• **DESCRIPTION OF THE TASK**
Please repeat the records exactly from their first line, finishing at the line containing "ℕ → ℕ → Self" and including it.

• **DATA EXCERPTS**
== Segment start ==
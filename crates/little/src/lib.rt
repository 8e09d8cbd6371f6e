// Little-endian numbers within bytes: each read answers the number, or nothing where the bytes do not have it whole.
#![tactic(auto)]

ghost use Rattle.std.specs.Prelude.{◌≡◌, ℕ, ◌+◌, ◌<◌, ◌≤◌, List, length, take, drop, Some, None, Option};
ghost use Rattle.std.proofs.Common.{rules, to_z, w16, w32, w64};
ghost use Rattle.little.specs.Numbers.{inside, number_in, number_inside, number_outside, signed_inside, signed_outside, u8_at, u16_at, u32_at, u64_at, i16_at, i32_at, i64_at};

/// What stands in bytes: a number, its lowest byte first, or a struct of such numbers.
pub trait Little: Sized {
    const WIDTH: usize;

    ghost WIDTH: { ℕ };

    // what so many bytes from a place on are read as
    ghost number: { List ℕ → ℕ → Self };

    // the same, where the bytes are there
    ghost number_at: { List ℕ → ℕ → Option Self };

    // What stands at a place, where the bytes have it whole.
    fn read_at(bytes: &[u8], at: usize) -> Option<Self>
        ensures { result ≡ number_at bytes.now at };

    ghost positive: { 0 < WIDTH };

    ghost whole: { (bs : List ℕ) (at : ℕ) → at + WIDTH ≤ length bs → number_at bs at ≡ Some (number bs at) };

    ghost cut: { (bs : List ℕ) (at : ℕ) → length bs < at + WIDTH → number_at bs at ≡ None };
}

/// So many bytes from a place on, where they are there.
pub fn bytes_at<const N: usize>(bytes: &[u8], at: usize) -> Option<[u8; N]>
    ensures { result ≡ inside N bytes.now at (take N (drop at bytes.now)) }
{
    bytes.get(at..)?.first_chunk().copied()
}

// Seven impls written out: none may be written by a macro of this repository.
impl Little for u8 {
    const WIDTH: usize = 1;

    ghost WIDTH = { 1 };

    ghost number = { number_in 1 };

    ghost number_at = { u8_at };

    ghost positive = { Prim.search rules };

    ghost whole = { number_inside 1 };

    ghost cut = { number_outside 1 };

    #[tactic(auto, using(crate::proofs::Spelled::byte_read))]
    fn read_at(bytes: &[u8], at: usize) -> Option<u8> {
        bytes.get(at).copied()
    }
}

impl Little for u16 {
    const WIDTH: usize = 2;

    ghost WIDTH = { 2 };

    ghost number = { number_in 2 };

    ghost number_at = { u16_at };

    ghost positive = { Prim.search rules };

    ghost whole = { number_inside 2 };

    ghost cut = { number_outside 2 };

    fn read_at(bytes: &[u8], at: usize) -> Option<u16> {
        bytes_at(bytes, at).map(u16::from_le_bytes)
    }
}

impl Little for u32 {
    const WIDTH: usize = 4;

    ghost WIDTH = { 4 };

    ghost number = { number_in 4 };

    ghost number_at = { u32_at };

    ghost positive = { Prim.search rules };

    ghost whole = { number_inside 4 };

    ghost cut = { number_outside 4 };

    fn read_at(bytes: &[u8], at: usize) -> Option<u32> {
        bytes_at(bytes, at).map(u32::from_le_bytes)
    }
}

impl Little for u64 {
    const WIDTH: usize = 8;

    ghost WIDTH = { 8 };

    ghost number = { number_in 8 };

    ghost number_at = { u64_at };

    ghost positive = { Prim.search rules };

    ghost whole = { number_inside 8 };

    ghost cut = { number_outside 8 };

    fn read_at(bytes: &[u8], at: usize) -> Option<u64> {
        bytes_at(bytes, at).map(u64::from_le_bytes)
    }
}

impl Little for i16 {
    const WIDTH: usize = 2;

    ghost WIDTH = { 2 };

    ghost number = { λ bs at. to_z w16 (number_in 2 bs at) };

    ghost number_at = { i16_at };

    ghost positive = { Prim.search rules };

    ghost whole = { signed_inside w16 2 };

    ghost cut = { signed_outside w16 2 };

    fn read_at(bytes: &[u8], at: usize) -> Option<i16> {
        bytes_at(bytes, at).map(i16::from_le_bytes)
    }
}

impl Little for i32 {
    const WIDTH: usize = 4;

    ghost WIDTH = { 4 };

    ghost number = { λ bs at. to_z w32 (number_in 4 bs at) };

    ghost number_at = { i32_at };

    ghost positive = { Prim.search rules };

    ghost whole = { signed_inside w32 4 };

    ghost cut = { signed_outside w32 4 };

    fn read_at(bytes: &[u8], at: usize) -> Option<i32> {
        bytes_at(bytes, at).map(i32::from_le_bytes)
    }
}

impl Little for i64 {
    const WIDTH: usize = 8;

    ghost WIDTH = { 8 };

    ghost number = { λ bs at. to_z w64 (number_in 8 bs at) };

    ghost number_at = { i64_at };

    ghost positive = { Prim.search rules };

    ghost whole = { signed_inside w64 8 };

    ghost cut = { signed_outside w64 8 };

    fn read_at(bytes: &[u8], at: usize) -> Option<i64> {
        bytes_at(bytes, at).map(i64::from_le_bytes)
    }
}
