// The rounds of the deep call, each the plan call under another numbering of the vertices or with the next trees, of which
// the best drive and the best floor are kept. A round looks only for a drive that is cheaper.
#![tactic(auto)]

pub mod under; // a plan under a numbering
pub mod round; // one round after another
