// One round after another.
// Steps for other crates, which ask something of their caller.
ghost use Rattle.call_steps.specs.Tabled.{measured_plan};
ghost use Rattle.std.specs.Prelude.{◌≡◌, cond, ◌-◌, ◌≤◌, ltb};
ghost use Rattle.std.proofs.Math.Option.{none};
ghost use Rattle.call_steps.specs.Refusals.{plan_refusal};
ghost use Rattle.round_rule.specs.Rounds.{next_kept, kept_after};
ghost use Rattle.round_rule.specs.Trial.{GoesOn};
ghost use Rattle.rounds.specs.Held.{IsHeld};

use crate::under::cheaper_under;
use call_steps::measured::Measured;
use held_tree::cheaper::cheaper_tabled;
use round_rule::kept::{Kept, begin, have_met, kept_of};
use round_rule::trial::choose;
use tree_search::begin::tried_count;
use tree_search::trees::Reached;

// What is kept, with the tree of the drive.
#[derive(Clone, Copy)]
pub struct Deep {
    pub kept: Kept,
    pub drive: Reached,
}

// The first of two where a number is smaller than another.
fn chosen_of(a: u64, b: u64, new: Reached, old: Reached) -> Reached
    ensures { result ≡ cond (ltb a b) new old }
{
    if a < b { new } else { old }
}

// The next round: a tree that is cheaper than the drive that is kept, among those that were not tried under its numbering.
fn next_round(m: &Measured<'_>, budget: u32, round: u32, d: Deep) -> Deep
    requires has_table { (plan_refusal (measured_plan m.now) ≡ none) × GoesOn (measured_plan m.now) d.kept
        × IsHeld (measured_plan m.now) d }
    requires within_limits { (1 ≤ budget) × (budget ≤ 1000000) }
    ensures { (result.kept ≡ next_kept (measured_plan m.now) budget round d.kept) × IsHeld (measured_plan m.now) result }
{
    let k = d.kept;
    let c = choose(m.good, budget, round, k);
    let x = c.trial;
    let before = x.tries - budget;
    let a = cheaper_under(m, x, k.cost, before);
    let old = tried_count(a.number, before);
    Deep {
        kept: kept_of(k, c, a, a.best.tried - old),
        drive: chosen_of(a.best.cost, k.cost, a.best, d.drive),
    }
}

// The first round, which is the plan call's but for its drive. No tree costs as much as 4,000,000,000,000.
pub fn first_round(m: &Measured<'_>, budget: u32) -> Deep
    requires { (plan_refusal (measured_plan m.now) ≡ none) × (1 ≤ budget) × (budget ≤ 1000000) }
    ensures { (result.kept ≡ kept_after (measured_plan m.now) budget 0) × IsHeld (measured_plan m.now) result }
{
    let a = cheaper_tabled(m, 4_000_000_000_000, 0, budget);
    Deep {
        kept: begin(a, budget),
        drive: a.best,
    }
}

// The rounds after the first, until floor and cost meet.
pub fn deepen(m: &Measured<'_>, budget: u32, rounds: u32, first: Deep) -> Deep
    requires has_table { (plan_refusal (measured_plan m.now) ≡ none)
        × (first.kept ≡ kept_after (measured_plan m.now) budget 0) × IsHeld (measured_plan m.now) first }
    requires within_limits { (1 ≤ budget) × (budget ≤ 1000000) × (1 ≤ rounds) × (rounds ≤ 1000) }
    ensures { (result.kept ≡ kept_after (measured_plan m.now) budget (rounds - 1)) × IsHeld (measured_plan m.now) result }
{
    let mut d = first;
    for i in 1..rounds {
        if have_met(d.kept.cost, d.kept.floor) {
            return d;
        }
        d = next_round(m, budget, i + 1, d);
    }
    d
}
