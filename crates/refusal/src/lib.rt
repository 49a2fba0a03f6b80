// The refusals of every call. A new one is a line in `Refusal`, in its number and in `refusal_number` of `specs/Verdict.antt`; which
// of them a call can give is said by its contract.
#![tactic(auto)]

ghost use Rattle.std.specs.Prelude.{◌≡◌};
ghost use Rattle.refusal.specs.Verdict.{refusal_number};

// "Numbers and their trade words."
#[derive(Clone, Copy, Debug, PartialEq, Eq)]
pub enum Refusal {
    Torn,
    Edition,
    Extent,
    Margin,
    OffSheet,
    Unpriced,
    Standing,
    ShortSheet,
    Budget,
    Idle,
    Scattered,
    CutOff,
    Repeated,
    Foreign,
    Unjoined,
    Missed,
    StrayPair,
    BadMarks,
    BadWindow,
    MustShut,
    NoMark,
    Full,
    Rounds,
}

// The number of a refusal.
impl From<Refusal> for u8 {
    ghost from_gives = { λ r n. n ≡ refusal_number r };

    fn from(r: Refusal) -> u8
        ensures { result ≡ refusal_number r }
    {
        match r {
            Refusal::Torn => 1,
            Refusal::Edition => 2,
            Refusal::Extent => 3,
            Refusal::Margin => 4,
            Refusal::OffSheet => 5,
            Refusal::Unpriced => 6,
            Refusal::Standing => 7,
            Refusal::ShortSheet => 8,
            Refusal::Budget => 9,
            Refusal::Idle => 10,
            Refusal::Scattered => 11,
            Refusal::CutOff => 12,
            Refusal::Repeated => 13,
            Refusal::Foreign => 14,
            Refusal::Unjoined => 15,
            Refusal::Missed => 16,
            Refusal::StrayPair => 17,
            Refusal::BadMarks => 18,
            Refusal::BadWindow => 19,
            Refusal::MustShut => 20,
            Refusal::NoMark => 21,
            Refusal::Full => 22,
            Refusal::Rounds => 23,
        }
    }
}

// Nothing where all is well, or the first refusal that applies.
pub type Verdict = Result<(), Refusal>;
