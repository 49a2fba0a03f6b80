// The search and the drive of a plan under a numbering, over the tables of the file's plan, which are renumbered and not computed again.
// Steps for other crates, which ask something of their caller.
ghost use Rattle.call_steps.specs.Tabled.{measured_plan, tabled_plan};
ghost use Rattle.std.specs.Prelude.{◌≡◌, ◌≤◌, length};
ghost use Rattle.std.proofs.Math.Option.{none};
ghost use Rattle.postman.specs.PlanCall.{sheet_places};
ghost use Rattle.postman.specs.Component.{component_count};
ghost use Rattle.drive_legs.specs.Drive.{written};
ghost use Rattle.multipliers.specs.Drive.{drive_of};
ghost use Rattle.call_steps.specs.Refusals.{plan_refusal};
ghost use Rattle.tree_search.specs.Improved.{CanImprove};
ghost use Rattle.held_tree.specs.Cheaper.{IsBest, IsCheaper};
ghost use Rattle.round_rule.specs.Rounds.{under};
ghost use Rattle.round_rule.specs.Trial.{IsTrial};

use call_steps::measured::Measured;
use call_steps::tabled::Tabled;
use held_tree::cheaper::{Found, cheaper_tabled};
use held_tree::laid::{Laid, lay_tabled};
use plan::good_plan::GoodPlan;
use renumbering::renumbered::{renumber, renumber_table};
use round_rule::trial::Trial;
use tree_search::trees::Reached;

// A tree that is cheaper than what is known, among so many under a numbering of which the first have none.
pub(crate) fn cheaper_under(m: &Measured<'_>, x: Trial, cost: u64, before: u32) -> Found
    requires { (plan_refusal (measured_plan m.now) ≡ none) × IsTrial (measured_plan m.now) x
        × CanImprove (under (measured_plan m.now) x.numbering) cost before x.tries }
    ensures { IsCheaper (under (measured_plan m.now) x.numbering) cost x.tries result }
{
    let q = renumber(m.good, &x.numbering.to);
    let d = renumber_table(m.table, &x.numbering.from);
    let under = Measured {
        good: &GoodPlan { plan: q },
        table: &d,
    };
    cheaper_tabled(&under, cost, before, x.tries)
}

// The drive of the best of so many.
pub fn lay_under(t: &Tabled<'_>, x: Trial, g: Reached, sheet: &mut [u16]) -> Laid
    requires { (plan_refusal (tabled_plan t.now) ≡ none) × IsTrial (tabled_plan t.now) x
        × IsBest (under (tabled_plan t.now) x.numbering) x.tries g × (sheet_places ≤ length sheet.old) }
    ensures { (sheet.new ≡ written (drive_of (under (tabled_plan t.now) x.numbering) x.tries) sheet.old)
        × (result.places ≡ length (drive_of (under (tabled_plan t.now) x.numbering) x.tries))
        × (result.parts ≡ component_count (under (tabled_plan t.now) x.numbering)) }
{
    let q = renumber(t.good, &x.numbering.to);
    let d = renumber_table(t.table, &x.numbering.from);
    let w = renumber_table(t.weights, &x.numbering.from);
    let under = Tabled {
        good: &GoodPlan { plan: q },
        table: &d,
        weights: &w,
    };
    lay_tabled(&under, g.tails, g.heads, sheet)
}
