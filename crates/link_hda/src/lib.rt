// Where unsolicited responses and the immediate command do what HDA 1.0a says, and where not: HDA's rules, the named exceptions, and the theorems over both. There is no code.
#![tactic(auto)]
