// The mail of a chare.
ghost use Rattle.std.specs.Prelude.{◌≡◌, ◌+◌, [], length, IfOk, IfErr, OnOk, OnErr};
ghost use Rattle.std.specs.Option.{option_copied};
ghost use Rattle.bs_match.specs.Mail.{HasRisingKeys, lookup, with_message};
ghost use Rattle.bs_match.specs.Fault.{IsFault};

use bs_log::{Key, Message, copy_message};
use std::alloc::{AllocError, AllocFailed, Global};
use std::collections::BTreeMap;
use std::marker::Model;

/// The messages that came to a chare, at most one of each key. Contracts see the list of them, in the
/// order of their keys.
#[derive(Drop)]
pub struct Mail {
    messages: BTreeMap<Key, Message>,
}

/// Why a message isn't put into a mail: a message of its key is held, or memory is wanting. Both hand
/// the message back.
#[derive(Drop)]
pub enum PutFault {
    TwoSent(Message),
    Memory(Message),
}

impl Model for Mail {
    ghost use Rattle.std.specs.Prelude.{List};
    ghost use Rattle.std.specs.BTreeMap.{values};
    ghost use Rattle.bs_log.specs.declared.history.Message.{Message};
    ghost use Rattle.bs_match.specs.Keyed.{AreKeyed};

    ghost Value = { List Message };

    ghost view = { λ mail. values mail.messages };

    ghost invariant = { λ mail. AreKeyed mail.messages.entries };
}

impl Mail {
    /// A mail without messages. It takes no memory until one is put.
    pub fn new(alloc: Global) -> Mail
        ensures { result ≡ [] }
    {
        Mail {
            messages: BTreeMap::new(alloc),
        }
    }

    /// How many messages are held. Their keys rise, so no two are of one key.
    pub fn len(&self) -> usize
        ensures count { result ≡ length self.now }
        ensures rising { HasRisingKeys self.now }
    {
        self.messages.len()
    }

    /// The message of a key, or `None` exactly where none of it is held. It takes no memory.
    pub fn get(&self, key: Key) -> Option<&Message>
        ensures { option_copied result ≡ lookup self.now key }
    {
        self.messages.get(&key)
    }

    /// Puts a message. It is refused by `TwoSent` exactly where a message of its key is held, which
    /// stays, and by `Memory` where none is and memory is wanting. The mail is then as it was.
    pub fn put(&mut self, message: Message) -> Result<(), PutFault>
        ensures free { OnOk result (lookup self.old message.sent.key ≡ None) }
        ensures held { OnOk result (lookup self.new ≡ with_message message (lookup self.old)) }
        ensures count { OnOk result (length self.new ≡ length self.old + 1) }
        ensures fault { IfErr result (λ fault. IsFault message self.old fault) }
        ensures unchanged { OnErr result (self.new ≡ self.old) }
    {
        let key = message.sent.key;
        if self.messages.contains_key(&key) {
            return Err(PutFault::TwoSent(message));
        }
        match self.messages.insert(key, message) {
            Ok(_) => Ok(()),
            Err(
                AllocFailed {
                    value: (_, message),
                },
            ) => Err(PutFault::Memory(message)),
        }
    }

    /// A mail with the same messages.
    pub fn copy(&self, alloc: Global) -> Result<Mail, AllocError>
        ensures { IfOk result (λ mail. mail ≡ self.now) }
    {
        let mut messages = BTreeMap::new(alloc);
        for (key, message) in &self.messages {
            let message = copy_message(alloc, message)?;
            messages.insert(*key, message)?;
        }
        Ok(Mail { messages })
    }
}
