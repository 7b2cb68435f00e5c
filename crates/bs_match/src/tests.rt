use crate::{Mail, PutFault};
use bs_log::{Key, Message, Origin, Sent};
use bs_tree::{List, Path};
use std::alloc::{AllocError, Global};
use std::test::Fail;

fn key(entry: u32, reference: i64) -> Key {
    Key { entry, reference }
}

// A message of a key, with one argument.
fn message(alloc: Global, key: Key, value: i64) -> Result<Message, AllocError> {
    let mut args = List::new(alloc);
    args.push(value)?;
    let mut path = List::new(alloc);
    path.push(2)?;
    let origin = Origin {
        chare: 1,
        path: Path(path),
        index: 1,
        depth: 1,
    };
    let sent = Sent {
        to: 0,
        key,
        bytes: 8,
        offset: 1,
    };
    Ok(Message { origin, sent, args })
}

// The first argument of a message.
fn argument(message: &Message) -> Option<i64> {
    message.args.as_slice().first().copied()
}

// The argument of the message of a key, if it is held.
fn value(mail: &Mail, key: Key) -> Option<i64> {
    argument(mail.get(key)?)
}

// The argument of a message that came back since one of its key is held.
fn sent_twice(put: &Result<(), PutFault>) -> Option<i64> {
    match put {
        Err(PutFault::TwoSent(message)) => argument(message),
        _ => None,
    }
}

#[test]
fn a_message_is_found_by_its_key(rt: HostRuntime) -> Result<(), Fail> {
    let alloc = rt.alloc();
    let mut mail = Mail::new(alloc);
    assert_eq!(rt; mail.len(), 0);
    assert!(rt; mail.get(key(0, 0)).is_none());
    for (at, value) in [
        (key(1, -1), 10),
        (key(0, 5), 20),
        (key(1, 5), 30),
        (key(0, -5), 40),
    ] {
        assert!(rt; mail.put(message(alloc, at, value)?).is_ok());
    }
    let copy = mail.copy(alloc)?;
    for mail in [&mail, &copy] {
        assert_eq!(rt; mail.len(), 4);
        assert_eq!(rt; value(mail, key(1, -1)), Some(10));
        assert_eq!(rt; value(mail, key(0, 5)), Some(20));
        assert_eq!(rt; value(mail, key(1, 5)), Some(30));
        assert_eq!(rt; value(mail, key(0, -5)), Some(40));
        assert_eq!(rt; value(mail, key(1, -5)), None);
    }
    Ok(())
}

#[test]
fn the_first_of_two_messages_of_a_key_stays(rt: HostRuntime) -> Result<(), Fail> {
    let alloc = rt.alloc();
    let mut mail = Mail::new(alloc);
    assert!(rt; mail.put(message(alloc, key(3, 7), 10)?).is_ok());
    let again = mail.put(message(alloc, key(3, 7), 20)?);
    assert_eq!(rt; sent_twice(&again), Some(20));
    assert_eq!(rt; mail.len(), 1);
    assert_eq!(rt; value(&mail, key(3, 7)), Some(10));
    Ok(())
}
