// How a mail is tied to the mail that a list of messages makes for a chare.
ghost use Rattle.std.specs.Prelude.{◌≡◌, ◌↔◌, ℕ, List, [], ◌∷◌, ◌++◌, None};
ghost use Rattle.bs_log.specs.declared.history.Message.{Message};
ghost use Rattle.bs_log.specs.Lists.{Apart};
ghost use Rattle.bs_log.specs.Messages.{one_key};
ghost use Rattle.bs_semantics.specs.Rounds.{mail_to};
ghost use Rattle.bs_match.specs.Mail.{lookup, with_message};
ghost use Rattle.bs_match.specs.Filled.{filled, NoneRefused, AreThoseTo};

/// **Mail.** An empty mail is that of no messages (`starts`). Where a mail is that of the messages so
/// far at its chare, it is so with the next one: after that message was put, if it goes to the chare
/// (`adds`), and as it is, if it goes to another (`skips`). Where no chare was sent one key twice so far,
/// none is with the next message exactly where the mail of its chare holds none of its key (`apart`).
///
/// Where the messages that go to a chare, and no others, were put into an empty mail in any order, and
/// none was refused, the mail is that of all the messages at the chare (`any_order`).
pub fn mail_of_sent()
    ensures starts { (c : ℕ) → lookup [] ≡ mail_to [] c }
    ensures adds { (ms held : List Message) (m : Message) → lookup held ≡ mail_to ms m.sent.to → lookup held m.sent.key ≡ None → with_message m (lookup held) ≡ mail_to (ms ++ m ∷ []) m.sent.to }
    ensures skips { (ms : List Message) (m : Message) (c : ℕ) → (m.sent.to ≡ c → ⊥) → mail_to (ms ++ m ∷ []) c ≡ mail_to ms c }
    ensures apart { (ms : List Message) (m : Message) → Apart one_key (ms ++ m ∷ []) ↔ (Apart one_key ms × (mail_to ms m.sent.to m.sent.key ≡ None)) }
    ensures any_order { (ms ps : List Message) (c : ℕ) → NoneRefused ps → AreThoseTo c ms ps → filled ps ≡ mail_to ms c }
{}
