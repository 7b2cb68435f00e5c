//! The mail of a chare: the messages that came to it, each found by its key.
//!
//! `Mail` holds at most one message of a key, and a look-up takes a logarithmic time. `laws` ties it to
//! the mail that a list of messages makes for a chare.
#![tactic(auto)]

pub mod laws;
mod mail;

pub use mail::{Mail, PutFault};

#[cfg(test)]
mod tests;
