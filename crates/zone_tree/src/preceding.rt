//! The existing name before another.

use crate::node::NodeId;

/// The node of the last existing name that doesn't stand behind a name, and with how many labels both begin.
#[derive(Clone, Copy, Debug)]
pub(crate) struct Preceding {
    pub node: NodeId,
    pub shared: usize,
}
== Segment end ==
• **ANSWER SPACE**
filename crates/little/src/lib.rt
repository 8e09d8cbd6371f6e
// Little-endian numbers within bytes: each read answers the number, or nothing where the bytes do not have it whole.
#![tactic(auto)]

ghost use Rattle.std.specs.Prelude.{◌≡◌, ℕ, ◌+◌, ◌<◌, ◌≤◌, List, length, take, drop, Some, None, Option};
ghost use Rattle.std.proofs.Common.{rules, to_z, w16, w32, w64};
ghost use Rattle.little.specs.Numbers.{inside, number_in, number_inside, number_outside, signed_inside, signed_outside, u8_at, u16_at, u32_at, u64_at, i16_at, i32_at, i64_at};

/// What stands in bytes: a number, its lowest byte first, or a struct of such numbers.
pub trait Little: Sized {
    const WIDTH: usize;

    ghost WIDTH: { ℕ };

    // what so many bytes from a place on are read as
    ghost number: { List ℕ → ℕ → Self };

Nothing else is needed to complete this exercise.